I use a little dope on the ferule.. but use a lot of dope on feral cats


----------



## HSI (Jun 3, 2011)

I always use dope on the threads and inside the shank. This helps the feral seat a bit tighter. Never had this fail me.


----------



## 422 plumber (Jul 31, 2008)

I smelled gas at my pastor's apartment and started spraying Mega-bubble. I found a leak at the gas whip flare by pipe union. A well meaning but idiotic former parishioner had installed the new dryer. He must have heard plumbers talking about tape and dope. Well, this dope wrapped electrical tape around the male flare!


----------



## OldSchool (Jan 30, 2010)

422 plumber said:


> I smelled gas at my pastor's apartment and started spraying Mega-bubble. I found a leak at the gas whip flare by pipe union. A well meaning but idiotic former parishioner had installed the new dryer. He must have heard plumbers talking about tape and dope. Well, this dope wrapped electrical tape around the male flare!


What were you doing in your pastor apartment in the first place ...LOL


----------



## rjbphd (Feb 5, 2010)

OldSchool said:


> What were you doing in your pastor apartment in the first place ...LOL


 Fooking laughing outloud!!


----------



## user8031 (Dec 14, 2011)

PunkRockPlumber said:


> Do you guys use them? Are they reliable? Has anyone had any issues with them? I've only used the sweat type and was just looking for some opinions.


You're a professional plumber and you don't know _anything_ about a compression stop?


----------



## plbgbiz (Aug 27, 2010)

He didn't say that he didn't know anything about them...just that he didn't use them and was looking for opinions from members that do use them.


----------



## user8031 (Dec 14, 2011)

plbgbiz said:


> He didn't say that he didn't know anything about them...just that he didn't use them and was looking for opinions from members that do use them.


He said he has _only_ used sweat style. He is asking if anyone has any problems with them. He is looking for opinions. Sounds like he doesnt know anything about them to me.

Didn't think I would hear a professional plumber ask those questions......about an angle stop.


----------



## RealLivePlumber (Jun 22, 2008)

wyefortyfive said:


> He said he has _only_ used sweat style. He is asking if anyone has any problems with them. He is looking for opinions. Sounds like he doesnt know anything about them to me.
> 
> Didn't think I would hear a professional plumber ask those questions......about an angle stop.
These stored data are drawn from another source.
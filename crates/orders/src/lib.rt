// The lines of the probe program: an order read, a reply written, the sum and the noise of an image.
#![tactic(auto)]

pub mod noise;
pub mod order;
pub mod reply;
pub mod sum;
Beg to differ. I would think a REAL professional plumber would only know about sweat stops, not compression stops. See, a professional plumber would not be using a valve designed for a homeowner, or to make it easy.


----------



## plbgbiz (Aug 27, 2010)

wyefortyfive said:


> He said he has only used sweat style. He is asking if anyone has any problems with them. He is looking for opinions. Sounds like he doesnt know anything about them to me.
> 
> Didn't think I would hear a professional plumber ask those questions......about an angle stop.


I understand why you might think that Y45, but not all Professional Plumbers are familiar with what you or I consider common place. 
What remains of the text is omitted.